(Extracted data entries)
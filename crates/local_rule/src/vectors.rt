//! Operations on N words at a time. In a clause a vector is the list of its words.

ghost use Rattle.std.specs.Prelude.{◌≡◌, ℕ, ◌+◌, ◌*◌, ◌<◌, ◌&&◌, ◌||◌, nat_lt, if◌then◌else◌, length, slice_index};
ghost use Rattle.std.specs.Int.{bit_at};
ghost use Rattle.multispin_word.specs.Planes.{differs, is_set, number};
ghost use Rattle.local_rule.specs.RowOrder.{fallen, raised};
ghost use Rattle.local_rule.specs.SiteBits.{equal_count, lane_words, set_count};
ghost use Rattle.local_rule.specs.TurnedCounts.{accepted, turned_number};

use crate::ready_rule::ReadyRule;
use std::simd::prelude::*;

/// N words as a vector.
#[inline(always)]
pub fn load<const N: usize>(words: &[u64; N]) -> Simd<u64, N>
    ensures same { result ≡ words.now }
    ensures length { length result ≡ N }
{
    Simd::<u64, N>::from_array(*words)
}

/// How many of the six bits of each lane and sample are set: the planes of 1, 2 and 4.
#[inline(always)]
pub fn count_lanes<const N: usize>(six: &[[u64; N]; 6]) -> [[u64; N]; 3]
    ensures { (i b : ℕ) → i < N
        → number (lane_words result i) b ≡ set_count (lane_words six.now i) b }
{
    let (a, b, c) = (load(&six[0]), load(&six[1]), load(&six[2]));
    let (d, e, f) = (load(&six[3]), load(&six[4]), load(&six[5]));
    let (front, back) = (sum_lanes(a, b, c), sum_lanes(d, e, f));
    let front_twos = carry_lanes(a, b, c);
    let either_twos = differing_lanes(front_twos, carry_lanes(d, e, f));
    let carry = shared_lanes(front, back);
    [
        differing_lanes(front, back).to_array(),
        differing_lanes(either_twos, carry).to_array(),
        choose_lanes(either_twos, carry, front_twos).to_array(),
    ]
}

/// How many of the six bits of each lane and sample are equal to that of `same`: the plane of 1, and
/// those of 2 and 4 turned over.
#[inline(always)]
pub fn equal_lanes<const N: usize>(six: &[[u64; N]; 6], same: &[u64; N]) -> [[u64; N]; 3]
    ensures { (i b : ℕ) → i < N → equal_count (lane_words six.now i) (slice_index same.now i) b
        ≡ turned_number (lane_words result i) b }
{
    let same = load(same);
    let (a, b, c) = (load(&six[0]), load(&six[1]), load(&six[2]));
    let (d, e, f) = (load(&six[3]), load(&six[4]), load(&six[5]));
    let (front, back) = (sum_lanes(a, b, c), sum_lanes(d, e, f));
    let front_twos = carry_lanes(a, b, c);
    // Where two bits differ that doesn't depend on `same`, and three bits compared with it have the
    // compared sum and the compared carry.
    let ones = differing_lanes(front, back);
    let either_twos = differing_lanes(front_twos, carry_lanes(d, e, f));
    let no_carry = joined_lanes(ones, differing_lanes(front, same));
    let few_twos = differing_lanes(front_twos, same);
    [
        ones.to_array(),
        differing_lanes(either_twos, no_carry).to_array(),
        choose_lanes(either_twos, no_carry, few_twos).to_array(),
    ]
}

/// The bits of `inside` for the samples in the mask, and those of `outside` for the others.
#[inline(always)]
pub fn choose_lanes<const N: usize>(
    mask: Simd<u64, N>,
    inside: Simd<u64, N>,
    outside: Simd<u64, N>,
) -> Simd<u64, N>
    requires { (length mask ≡ N) × (length inside ≡ N) × (length outside ≡ N) }
    ensures length { length result ≡ N }
    ensures chosen { (i b : ℕ) → i < N
        → is_set (slice_index result i) b ≡ (if is_set (slice_index mask.entry i) b
        then is_set (slice_index inside.entry i) b else is_set (slice_index outside.entry i) b) }
{
    outside ^ (mask & (inside ^ outside))
}

/// All samples of the lanes whose draw is below the threshold of a case, and none of the others.
#[inline(always)]
pub fn below_lanes<const N: usize>(draws: &[u32; N], ready: &ReadyRule, case: usize) -> Simd<u64, N>
    requires { case < 7 }
    ensures length { length result ≡ N }
    ensures below { (i b : ℕ) → i < N → b < 64 → is_set (slice_index result i) b
        ≡ nat_lt (slice_index draws.now i) (slice_index ready.now.row.values case) }
{
    let limit = ready.limit(case);
    let wide: Simd<i64, N> = Simd::<u32, N>::from_array(*draws).cast();
    wide.simd_lt(Simd::<i64, N>::splat(limit))
        .select(Simd::<u64, N>::splat(u64::MAX), Simd::<u64, N>::splat(0))
}

/// Of a count above three, by its plane of 1 and that of 2 turned over: the bits for five, for six, or
/// else those for four.
#[inline(always)]
pub fn accepted_lanes<const N: usize>(
    ones: Simd<u64, N>,
    no_twos: Simd<u64, N>,
    four: Simd<u64, N>,
    five: Simd<u64, N>,
    six: Simd<u64, N>,
) -> Simd<u64, N>
    requires { (length ones ≡ N) × (length no_twos ≡ N) × (length four ≡ N) × (length five ≡ N)
        × (length six ≡ N) }
    ensures length { length result ≡ N }
    ensures accepted { (i b : ℕ) → i < N → b < 64 → is_set (slice_index result i) b
        ≡ accepted (is_set (slice_index ones.entry i) b) (is_set (slice_index no_twos.entry i) b)
        (is_set (slice_index four.entry i) b) (is_set (slice_index five.entry i) b) (is_set (slice_index six.entry i) b) }
{
    // By all ones, since the range of a lane has no name that `!` could use.
    let twos = differing_lanes(no_twos, Simd::<u64, N>::splat(u64::MAX));
    let by_ones = differing_lanes(four, shared_lanes(ones, differing_lanes(four, five)));
    differing_lanes(by_ones, shared_lanes(twos, differing_lanes(four, six)))
}

/// What `accepted_lanes` gives where the bits for six are among those for five, and these
/// among those for four.
#[inline(always)]
pub fn fallen_lanes<const N: usize>(
    ones: Simd<u64, N>,
    no_twos: Simd<u64, N>,
    four: Simd<u64, N>,
    five: Simd<u64, N>,
    six: Simd<u64, N>,
) -> Simd<u64, N>
    requires { (length ones ≡ N) × (length no_twos ≡ N) × (length four ≡ N) × (length five ≡ N)
        × (length six ≡ N) }
    ensures length { length result ≡ N }
    ensures fallen { (i b : ℕ) → i < N → b < 64 → is_set (slice_index result i) b
        ≡ fallen (is_set (slice_index ones.entry i) b) (is_set (slice_index no_twos.entry i) b)
        (is_set (slice_index four.entry i) b) (is_set (slice_index five.entry i) b) (is_set (slice_index six.entry i) b) }
{
    let no_ones = differing_lanes(ones, Simd::<u64, N>::splat(u64::MAX));
    let up_to_five = joined_lanes(five, shared_lanes(no_ones, four));
    joined_lanes(six, shared_lanes(no_twos, up_to_five))
}

/// The bits of `outside`, and those of `inside` for the samples in the mask: where the first are among
/// the second, the same as `choose_lanes`.
#[inline(always)]
pub fn raised_lanes<const N: usize>(
    mask: Simd<u64, N>,
    inside: Simd<u64, N>,
    outside: Simd<u64, N>,
) -> Simd<u64, N>
    requires { (length mask ≡ N) × (length inside ≡ N) × (length outside ≡ N) }
    ensures length { length result ≡ N }
    ensures raised { (i b : ℕ) → i < N → is_set (slice_index result i) b
        ≡ raised (is_set (slice_index mask.entry i) b) (is_set (slice_index inside.entry i) b)
        (is_set (slice_index outside.entry i) b) }
{
    joined_lanes(outside, shared_lanes(mask, inside))
}

/// Where two bits differ, in each lane and sample.
#[inline(always)]
pub fn differing_lanes<const N: usize>(a: Simd<u64, N>, b: Simd<u64, N>) -> Simd<u64, N>
    requires { (length a ≡ N) × (length b ≡ N) }
    ensures length { length result ≡ N }
    ensures differing { (i k : ℕ) → i < N → is_set (slice_index result i) k
        ≡ differs (is_set (slice_index a.entry i) k) (is_set (slice_index b.entry i) k) }
{
    a ^ b
}

/// Where both are set.
#[inline(always)]
pub fn shared_lanes<const N: usize>(a: Simd<u64, N>, b: Simd<u64, N>) -> Simd<u64, N>
    requires { (length a ≡ N) × (length b ≡ N) }
    ensures length { length result ≡ N }
    ensures shared { (i k : ℕ) → i < N → is_set (slice_index result i) k
        ≡ (is_set (slice_index a.entry i) k && is_set (slice_index b.entry i) k) }
{
    a & b
}

/// Where one of two is set.
#[inline(always)]
pub fn joined_lanes<const N: usize>(a: Simd<u64, N>, b: Simd<u64, N>) -> Simd<u64, N>
    requires { (length a ≡ N) × (length b ≡ N) }
    ensures length { length result ≡ N }
    ensures joined { (i k : ℕ) → i < N → is_set (slice_index result i) k
        ≡ (is_set (slice_index a.entry i) k || is_set (slice_index b.entry i) k) }
{
    a | b
}

// Of three bits of each lane and sample the low bit of their sum.
#[inline(always)]
fn sum_lanes<const N: usize>(a: Simd<u64, N>, b: Simd<u64, N>, c: Simd<u64, N>) -> Simd<u64, N>
    requires { (length a ≡ N) × (length b ≡ N) × (length c ≡ N) }
    ensures length { length result ≡ N }
    ensures sum { (i k : ℕ) → i < N → is_set (slice_index result i) k
        ≡ differs (differs (is_set (slice_index a.entry i) k) (is_set (slice_index b.entry i) k)) (is_set (slice_index c.entry i) k) }
{
    a ^ b ^ c
}

// And the high bit.
#[inline(always)]
fn carry_lanes<const N: usize>(a: Simd<u64, N>, b: Simd<u64, N>, c: Simd<u64, N>) -> Simd<u64, N>
    requires { (length a ≡ N) × (length b ≡ N) × (length c ≡ N) }
    ensures length { length result ≡ N }
    ensures carry { (i k : ℕ) → i < N → is_set (slice_index result i) k
        ≡ (is_set (slice_index a.entry i) k && is_set (slice_index b.entry i) k
        || differs (is_set (slice_index a.entry i) k) (is_set (slice_index b.entry i) k)
        && is_set (slice_index c.entry i) k) }
{
    (a & b) | ((a ^ b) & c)
}

/// Of three bits of each of four lanes and each sample the low and the high bit of their sum.
#[inline(always)]
pub fn full_adder_lanes(a: u64x4, b: u64x4, carry: u64x4) -> (u64x4, u64x4)
    requires { (length a ≡ 4) × (length b ≡ 4) × (length carry ≡ 4) }
    ensures lengths { (length result.0 ≡ 4) × (length result.1 ≡ 4) }
    ensures sum { (i k : ℕ) → i < 4
        → bit_at (slice_index result.0 i) k + 2 * bit_at (slice_index result.1 i) k
        ≡ bit_at (slice_index a i) k + bit_at (slice_index b i) k + bit_at (slice_index carry i) k }
{
    (sum_lanes(a, b, carry), carry_lanes(a, b, carry))
}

- _Your task_:
Locate the lines above that hold the word "high". Show every one of them.

- _Task result_:
// And the high bit.
/// Of three bits of each of four lanes and each sample the low and the high bit of their sum.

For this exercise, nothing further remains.